This article will examine some early studies on intraperitoneal injections in mice. These early studies were done to provide a basis for future studies. The main focus will be on proper injection of the mice. We will also cover the clinical signs and effects of intraperitoneal injection. These early studies provide important information on the optimal way to inject mice.
Time of day does not affect anaesthetic depth
The current study provides direct evidence that time of day does not affect the depth of anaesthesia. This finding could have implications for the management of anaesthetics and the outcome of patients undergoing laparoscopic colorectal surgery. The researchers would like to acknowledge the staff at the Nanfang Hospital, Southern Medical University, Guangzhou, China, for their contribution to the study.

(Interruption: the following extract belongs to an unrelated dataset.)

// What is promised of DFDeques (N13), for a visitor: theorems alone, from the functions' own promises (proofs/ByValue, FromC, Opened, Limits). No crate depends on this one.
#![tactic(auto)]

Anesthesia depth is critical to the success of surgery. Too light anaesthesia can result in the patient becoming aware of the surgical stimulus and too deep anaesthesia can lead to vasomotor depression and other complications. Clinical signs such as heart rate and blood pressure can provide a rough guide for estimating the depth of anaesthesia, or an estimated anaesthetic plasma concentration can be used as a surrogate. Too much or too little anaesthesia can lead to complications and can even affect the quality of the procedure.
In a study by Kertai et al., researchers found no difference in mortality for patients who underwent surgery during the morning or afternoon. The authors used three thresholds to determine the depth of anaesthesia: BIS 45, MAP 75 mmHg and MAC 0.7.
Problems with intraperitoneal injection
One of the major challenges in intraperitoneal injection of mice is the lack of control over the injection site. Steward, Ornellas, and Beernink found that approximately 14% of their intraperitoneal injections were wrong. They considered this error inherent in the technique and not fixable, but they tried to figure out what caused the error. They also found that different sexes and strains of mice grasp the hindlimb differently.
In order to perform intraperitoneal injection, mice must be restrained by the neck region to prevent movement of the mouse. This prevents accidental damage to internal organs during needle insertion. In addition, restraining the mouse by the neck region will shift the abdominal organs toward the diaphragm, avoiding accidental damage.
Clinical signs
Intraperitoneal injections are a way to administer drugs and therapeutics into the peritoneal cavity. They are one of the few methods for administering drugs by injection into a living animal. This technique is used for a variety of research, from drug administration for ovarian cancer to studies on pain in the abdomen after hysterectomy. Understanding intraperitoneal injections will help advance drug delivery methods and open new avenues for research.
Injection of irritants into the peritoneal cavity elicits hallmarks of inflammation, including pain and leukocyte infiltration. The injection also induces the production of inflammatory mediators such as IL-1b and IL-6. The cytokine TNF-a is also induced, which is a marker of immune stimulation. Normally, the peritoneum is protected by the innate immune system. However, injections of irritants can trigger an influx of polymorphonuclear neutrophils.
Intraperitoneal injection of mice is a commonly used method for administering pharmacological agents. However, it raises issues of animal welfare and must be reviewed by IACUCs before the procedure is performed. There are no published studies examining the effects of repeated intraperitoneal injections on animal welfare. One study found that mice did not show adverse effects after receiving 30 i.p. saline injections a day.
Effects on organs in the peritoneal cavity
Intraperitoneal injection of cultured mesothelial cells has been shown to decrease adhesions in mice. Specifically, mesothelial cells decreased the number of adhesions in the CO2 pneumoperitoneum-enhanced adhesion formation model in mice. The cells were isolated from Balb/c mice and cultured for three weeks. The cells were then injected intraperitoneally in a dose-response study using 400,000 cells.
The peritoneum contains a complex lymphatic and vascular network. The majority of these vessels are blood capillaries, while only a few arterioles are present. Microvessel density varies greatly along the peritoneal cavity, with the highest concentration of microvessels in the diaphragm. The diaphragm and mesentery contain 71% of peritoneal microvessels, while the mediastinal peritoneum and parietal peritoneum have less than one-half the number of microvessels in the rabbit diaphragm.
Acute peritoneitis in mice can be induced using zymosan particles, which are insoluble polysaccharides composed of a-mannan and b-glucan components. The presence of these particles induces a synergistic response of leukocytes, as well as cytokines and chemokines. These mediators trigger leukocyte emigration to the inflammatory site.